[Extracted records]

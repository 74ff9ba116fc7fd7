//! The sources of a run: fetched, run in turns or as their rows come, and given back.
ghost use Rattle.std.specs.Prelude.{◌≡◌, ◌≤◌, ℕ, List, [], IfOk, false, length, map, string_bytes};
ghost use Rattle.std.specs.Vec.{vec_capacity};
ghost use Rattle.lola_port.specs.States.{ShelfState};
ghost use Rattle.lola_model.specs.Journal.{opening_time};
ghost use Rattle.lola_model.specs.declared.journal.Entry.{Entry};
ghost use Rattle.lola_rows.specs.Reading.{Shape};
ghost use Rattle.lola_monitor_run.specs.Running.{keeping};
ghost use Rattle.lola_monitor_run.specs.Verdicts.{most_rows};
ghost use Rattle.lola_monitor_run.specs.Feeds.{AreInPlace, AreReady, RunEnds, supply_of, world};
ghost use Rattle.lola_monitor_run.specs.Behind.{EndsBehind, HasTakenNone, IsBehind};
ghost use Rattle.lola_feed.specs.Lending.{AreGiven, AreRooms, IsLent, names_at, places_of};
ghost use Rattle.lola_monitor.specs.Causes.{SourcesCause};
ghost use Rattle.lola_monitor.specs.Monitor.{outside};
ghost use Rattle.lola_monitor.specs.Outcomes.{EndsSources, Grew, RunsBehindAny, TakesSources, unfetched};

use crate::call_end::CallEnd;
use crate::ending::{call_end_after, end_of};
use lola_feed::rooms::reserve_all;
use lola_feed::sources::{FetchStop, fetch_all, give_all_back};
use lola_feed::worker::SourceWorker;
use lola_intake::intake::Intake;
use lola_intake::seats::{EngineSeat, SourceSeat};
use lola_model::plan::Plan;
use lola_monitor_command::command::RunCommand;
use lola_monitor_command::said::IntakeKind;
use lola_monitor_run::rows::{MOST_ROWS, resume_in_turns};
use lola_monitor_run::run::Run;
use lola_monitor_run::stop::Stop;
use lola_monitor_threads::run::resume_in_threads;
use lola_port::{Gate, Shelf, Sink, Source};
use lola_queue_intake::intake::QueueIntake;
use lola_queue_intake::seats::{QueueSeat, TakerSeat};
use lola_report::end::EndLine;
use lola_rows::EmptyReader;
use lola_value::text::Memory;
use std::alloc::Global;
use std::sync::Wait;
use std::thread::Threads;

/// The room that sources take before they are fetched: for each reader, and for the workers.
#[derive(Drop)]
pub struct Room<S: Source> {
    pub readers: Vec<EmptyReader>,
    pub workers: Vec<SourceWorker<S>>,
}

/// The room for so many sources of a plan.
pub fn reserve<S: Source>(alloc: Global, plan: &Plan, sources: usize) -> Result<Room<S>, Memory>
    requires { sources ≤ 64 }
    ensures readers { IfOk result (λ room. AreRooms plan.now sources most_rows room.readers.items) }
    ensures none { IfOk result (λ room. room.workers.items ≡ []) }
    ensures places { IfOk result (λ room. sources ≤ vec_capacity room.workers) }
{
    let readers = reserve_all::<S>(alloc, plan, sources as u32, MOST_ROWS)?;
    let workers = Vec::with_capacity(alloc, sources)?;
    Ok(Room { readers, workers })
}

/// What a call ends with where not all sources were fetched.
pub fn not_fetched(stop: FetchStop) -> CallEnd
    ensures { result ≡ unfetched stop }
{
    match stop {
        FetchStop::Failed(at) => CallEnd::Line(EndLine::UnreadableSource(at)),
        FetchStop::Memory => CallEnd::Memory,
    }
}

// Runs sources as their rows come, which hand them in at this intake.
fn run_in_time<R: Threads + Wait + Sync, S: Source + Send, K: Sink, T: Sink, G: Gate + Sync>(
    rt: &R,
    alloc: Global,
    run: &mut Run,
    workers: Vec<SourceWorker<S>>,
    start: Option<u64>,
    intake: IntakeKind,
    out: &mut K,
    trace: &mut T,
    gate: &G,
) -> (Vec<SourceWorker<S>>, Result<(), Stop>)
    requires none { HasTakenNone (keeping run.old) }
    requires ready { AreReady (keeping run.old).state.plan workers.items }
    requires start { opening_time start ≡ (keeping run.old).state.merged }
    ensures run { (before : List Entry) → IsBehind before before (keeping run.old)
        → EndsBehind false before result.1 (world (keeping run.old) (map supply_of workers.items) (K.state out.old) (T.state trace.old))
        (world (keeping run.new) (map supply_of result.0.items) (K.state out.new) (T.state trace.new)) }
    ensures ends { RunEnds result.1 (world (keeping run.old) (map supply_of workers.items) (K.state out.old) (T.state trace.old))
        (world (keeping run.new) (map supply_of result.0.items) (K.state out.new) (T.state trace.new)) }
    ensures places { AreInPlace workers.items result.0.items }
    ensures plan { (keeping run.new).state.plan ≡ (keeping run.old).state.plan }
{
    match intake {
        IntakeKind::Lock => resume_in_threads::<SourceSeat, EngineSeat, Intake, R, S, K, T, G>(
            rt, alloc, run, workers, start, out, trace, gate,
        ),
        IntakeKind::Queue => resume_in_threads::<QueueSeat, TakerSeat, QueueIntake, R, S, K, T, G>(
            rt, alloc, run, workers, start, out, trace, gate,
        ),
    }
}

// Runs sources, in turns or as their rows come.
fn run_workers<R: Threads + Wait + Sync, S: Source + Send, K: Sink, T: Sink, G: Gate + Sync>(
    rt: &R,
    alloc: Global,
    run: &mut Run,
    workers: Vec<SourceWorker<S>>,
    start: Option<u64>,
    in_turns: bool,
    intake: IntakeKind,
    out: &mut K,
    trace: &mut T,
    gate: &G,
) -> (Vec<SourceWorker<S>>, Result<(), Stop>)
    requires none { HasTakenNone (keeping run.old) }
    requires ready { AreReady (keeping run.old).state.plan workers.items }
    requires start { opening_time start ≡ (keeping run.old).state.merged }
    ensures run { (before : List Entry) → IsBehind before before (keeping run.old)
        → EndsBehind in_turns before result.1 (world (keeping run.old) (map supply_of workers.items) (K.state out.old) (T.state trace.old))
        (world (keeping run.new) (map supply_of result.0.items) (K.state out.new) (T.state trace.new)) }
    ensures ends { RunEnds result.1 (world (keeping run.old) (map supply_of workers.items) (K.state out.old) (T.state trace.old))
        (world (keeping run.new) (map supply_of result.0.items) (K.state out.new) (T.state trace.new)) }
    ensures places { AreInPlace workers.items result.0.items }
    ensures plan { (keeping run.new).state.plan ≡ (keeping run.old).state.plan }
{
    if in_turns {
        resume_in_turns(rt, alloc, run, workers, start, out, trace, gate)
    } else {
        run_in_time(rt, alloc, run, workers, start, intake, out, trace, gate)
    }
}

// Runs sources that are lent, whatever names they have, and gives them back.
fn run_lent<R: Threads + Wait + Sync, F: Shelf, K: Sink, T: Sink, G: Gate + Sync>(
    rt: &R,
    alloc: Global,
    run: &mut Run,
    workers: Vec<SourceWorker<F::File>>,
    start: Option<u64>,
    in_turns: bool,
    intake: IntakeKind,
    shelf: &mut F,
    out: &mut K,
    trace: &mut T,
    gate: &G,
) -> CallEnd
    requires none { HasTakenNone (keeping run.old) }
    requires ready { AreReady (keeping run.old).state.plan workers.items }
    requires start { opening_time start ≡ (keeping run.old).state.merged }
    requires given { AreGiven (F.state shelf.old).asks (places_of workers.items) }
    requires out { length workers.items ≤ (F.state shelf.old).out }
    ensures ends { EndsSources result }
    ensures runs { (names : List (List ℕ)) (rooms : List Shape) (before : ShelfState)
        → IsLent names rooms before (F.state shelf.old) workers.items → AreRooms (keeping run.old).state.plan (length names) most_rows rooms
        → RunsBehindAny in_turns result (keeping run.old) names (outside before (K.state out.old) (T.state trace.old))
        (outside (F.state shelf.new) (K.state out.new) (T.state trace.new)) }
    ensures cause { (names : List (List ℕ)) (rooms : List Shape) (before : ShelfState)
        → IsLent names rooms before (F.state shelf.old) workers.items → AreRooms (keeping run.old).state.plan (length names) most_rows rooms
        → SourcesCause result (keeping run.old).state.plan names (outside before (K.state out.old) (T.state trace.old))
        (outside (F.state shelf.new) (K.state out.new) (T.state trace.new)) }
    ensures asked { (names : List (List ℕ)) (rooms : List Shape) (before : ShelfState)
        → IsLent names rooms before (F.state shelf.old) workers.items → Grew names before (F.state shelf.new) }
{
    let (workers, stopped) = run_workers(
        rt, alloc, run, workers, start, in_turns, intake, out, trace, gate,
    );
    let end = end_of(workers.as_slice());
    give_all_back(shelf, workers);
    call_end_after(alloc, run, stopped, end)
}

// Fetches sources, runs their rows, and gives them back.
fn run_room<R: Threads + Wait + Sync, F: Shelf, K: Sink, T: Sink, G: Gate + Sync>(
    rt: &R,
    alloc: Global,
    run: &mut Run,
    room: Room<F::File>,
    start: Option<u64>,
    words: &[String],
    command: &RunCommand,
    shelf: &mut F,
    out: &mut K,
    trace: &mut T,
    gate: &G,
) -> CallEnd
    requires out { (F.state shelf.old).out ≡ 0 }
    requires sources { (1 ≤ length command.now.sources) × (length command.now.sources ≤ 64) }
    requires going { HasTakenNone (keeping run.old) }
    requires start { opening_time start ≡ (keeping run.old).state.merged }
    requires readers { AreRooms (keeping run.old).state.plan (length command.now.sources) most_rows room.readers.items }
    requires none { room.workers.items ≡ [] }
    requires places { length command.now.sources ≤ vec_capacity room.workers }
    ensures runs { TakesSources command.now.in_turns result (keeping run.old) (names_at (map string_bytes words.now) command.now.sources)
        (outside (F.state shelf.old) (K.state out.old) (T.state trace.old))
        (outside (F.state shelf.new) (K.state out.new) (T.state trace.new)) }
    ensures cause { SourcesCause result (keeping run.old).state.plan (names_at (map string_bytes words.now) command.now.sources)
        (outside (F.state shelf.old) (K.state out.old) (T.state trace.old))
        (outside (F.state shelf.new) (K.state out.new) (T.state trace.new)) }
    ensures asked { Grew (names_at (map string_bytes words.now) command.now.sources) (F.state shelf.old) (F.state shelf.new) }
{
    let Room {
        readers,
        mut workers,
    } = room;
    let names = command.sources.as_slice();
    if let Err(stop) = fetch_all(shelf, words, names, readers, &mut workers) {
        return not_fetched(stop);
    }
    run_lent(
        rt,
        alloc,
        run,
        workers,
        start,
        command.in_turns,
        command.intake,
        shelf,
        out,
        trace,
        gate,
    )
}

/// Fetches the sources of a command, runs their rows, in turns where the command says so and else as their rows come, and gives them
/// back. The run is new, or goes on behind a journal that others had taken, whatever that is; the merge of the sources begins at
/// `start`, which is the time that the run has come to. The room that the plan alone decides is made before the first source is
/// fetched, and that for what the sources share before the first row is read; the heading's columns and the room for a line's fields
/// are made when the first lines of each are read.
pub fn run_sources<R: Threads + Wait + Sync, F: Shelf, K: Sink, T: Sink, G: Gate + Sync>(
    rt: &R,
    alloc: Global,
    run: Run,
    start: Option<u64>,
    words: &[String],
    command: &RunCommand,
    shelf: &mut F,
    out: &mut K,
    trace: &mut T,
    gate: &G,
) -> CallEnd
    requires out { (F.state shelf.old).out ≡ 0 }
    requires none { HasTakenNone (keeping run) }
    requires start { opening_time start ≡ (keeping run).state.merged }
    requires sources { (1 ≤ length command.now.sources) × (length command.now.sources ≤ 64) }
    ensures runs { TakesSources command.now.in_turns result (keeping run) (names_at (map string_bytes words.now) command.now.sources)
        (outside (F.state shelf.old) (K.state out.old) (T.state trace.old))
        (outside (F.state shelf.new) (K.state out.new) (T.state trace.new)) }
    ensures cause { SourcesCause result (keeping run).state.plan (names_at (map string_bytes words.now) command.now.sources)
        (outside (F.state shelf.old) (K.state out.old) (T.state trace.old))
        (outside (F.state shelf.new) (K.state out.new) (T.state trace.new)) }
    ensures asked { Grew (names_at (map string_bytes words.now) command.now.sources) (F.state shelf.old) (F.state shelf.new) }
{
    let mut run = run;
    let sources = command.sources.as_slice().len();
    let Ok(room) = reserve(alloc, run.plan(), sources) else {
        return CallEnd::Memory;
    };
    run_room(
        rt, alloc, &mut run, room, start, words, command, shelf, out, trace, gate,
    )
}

» Required action
Starting with the line that holds "come, and gives them" and ending with the line that holds "HasTakenNone (keeping run)", retype every line in the data above exactly, and nothing else.

» Exercise answer
/// Fetches the sources of a command, runs their rows, in turns where the command says so and else as their rows come, and gives them
/// back. The run is new, or goes on behind a journal that others had taken, whatever that is; the merge of the sources begins at
/// `start`, which is the time that the run has come to. The room that the plan alone decides is made before the first source is
/// fetched, and that for what the sources share before the first row is read; the heading's columns and the room for a line's fields
/// are made when the first lines of each are read.
pub fn run_sources<R: Threads + Wait + Sync, F: Shelf, K: Sink, T: Sink, G: Gate + Sync>(
    rt: &R,
    alloc: Global,
    run: Run,
    start: Option<u64>,
    words: &[String],
    command: &RunCommand,
    shelf: &mut F,
    out: &mut K,
    trace: &mut T,
    gate: &G,
) -> CallEnd
    requires out { (F.state shelf.old).out ≡ 0 }
    requires none { HasTakenNone (keeping run) }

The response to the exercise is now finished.